Proprioceptive input can also help with reaching gross motor milestones. Allowing lots of free play such as kicking on a mat or playing with a baby gym; and as they get older lots of time for crawling and moving around, will help proprioceptive receptors in baby’s joints as well as skin. This sensory input plus things like baby yoga, massage and sensory play will help with their gross motor development. Reaching physical movement milestones and lots of gross motor activities will help them to participate in sport. This amazing sense will also help develop fine motor control too. Things like writing and mark making on a piece of paper, or threading beads on to string. These intricate movements of the hands need lots of sensory input from hands, arms and fingers.

How to help babies develop their proprioceptive system?

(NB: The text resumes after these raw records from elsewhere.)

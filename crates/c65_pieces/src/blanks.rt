// White space and comments (C90 6.1 and 6.1.9).
ghost use Rattle.std.specs.Prelude.{◌≡◌, ◌∷◌, false};
ghost use Rattle.c65_pieces.specs.Settled.{ahead, cell_of};
ghost use Rattle.c65_lex.specs.Blanks;
ghost use Rattle.c65_lex.specs.Blanks.{blank_of, opens};
ghost use Rattle.c65_pieces.specs.Scanned.{blank_in};

use crate::classes::is_white;
use crate::settled::{Reading, Settled, is_beyond, read};

/// What stands at a place: no white space and no comment; one of them, up to a place; a comment
/// without its end; or one in which a line is too long.
#[derive(Clone, Copy)]
pub enum Gap {
    Nothing,
    Over(usize),
    Unclosed,
    TooLong,
}

/// Goes on to the end of the line.
fn past_line(lines: &[Settled], from: usize) -> Gap
    ensures { blank_in lines.now result ≡ Blanks.past_line (ahead lines.now from) }
{
    let mut place = from;
    while let Some(reading) = read(lines, place) {
        if reading.byte == b'\n' {
            break;
        }
        if is_beyond(reading) {
            return Gap::TooLong;
        }
        place = reading.rest;
    }
    Gap::Over(place)
}

/// Goes on to the end of a comment, from behind its beginning.
pub fn past_comment(lines: &[Settled], from: usize) -> Gap
    ensures { blank_in lines.now result ≡ Blanks.past_comment false (ahead lines.now from) }
{
    let mut place = from;
    let mut star = false;
    while let Some(reading) = read(lines, place) {
        if is_beyond(reading) {
            return Gap::TooLong;
        }
        place = reading.rest;
        if star && reading.byte == b'/' {
            return Gap::Over(place);
        }
        star = reading.byte == b'*';
    }
    Gap::Unclosed
}

fn past_star(lines: &[Settled], from: usize) -> Gap
    ensures { blank_in lines.now result ≡ Blanks.past_star (ahead lines.now from) }
{
    match read(lines, from) {
        Some(star) => {
            if is_beyond(star) {
                Gap::TooLong
            } else {
                past_comment(lines, star.rest)
            }
        }
        None => Gap::Unclosed,
    }
}

/// Whether a comment that goes on with a byte begins with this one.
fn opens_with(lines: &[Settled], byte: u8, first: Reading) -> bool
    ensures { result ≡ opens byte (cell_of first) (ahead lines.now first.rest) }
{
    if first.byte != b'/' {
        return false;
    }
    match read(lines, first.rest) {
        Some(second) => second.byte == byte,
        None => false,
    }
}

/// The white space or the comment at a place.
pub fn gap_at(lines: &[Settled], place: usize) -> Gap
    ensures { blank_in lines.now result ≡ blank_of (ahead lines.now place) }
{
    let Some(first) = read(lines, place) else {
        return Gap::Nothing;
    };
    if is_white(first.byte) {
        if is_beyond(first) {
            Gap::TooLong
        } else {
            Gap::Over(first.rest)
        }
    } else if opens_with(lines, b'/', first) {
        past_line(lines, place)
    } else if opens_with(lines, b'*', first) {
        past_star(lines, first.rest)
    } else {
        Gap::Nothing
    }
}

Those uncoordinated movements that babies do, kicking their arms and legs aimlessly, helps to build muscle, but also it helps to develop their proprioceptive system. The more they can move freely, the more they are creating their own map of their body and its abilities.

Proprioception begins to develop in the womb. They push and kick against the walls of the uterus and get an idea of the restricted space their body is in. Once a baby is born, their movement and sense touch help them form a new mental map of their body. Suddenly there is a lot more space and their bodies can do a lot more movement. It moves differently than what it did in the womb and that can sometimes be overwhelming, but also a great opportunity for them to learn. So while swaddling is great to help calm babies who are overwhelmed by their sudden abilities to move freely, it should be balanced by lots of unrestricted play.

Activities such as baby massage and yoga also help to develop the proprioceptive system. The skin stimulation across their body allows their brain to develop their body map; and the coordinated movements of baby yoga help to open up the possibilities of movement. Repetitive movements help to build these connections further as repetition create familiarity. Practice makes perfect as they say.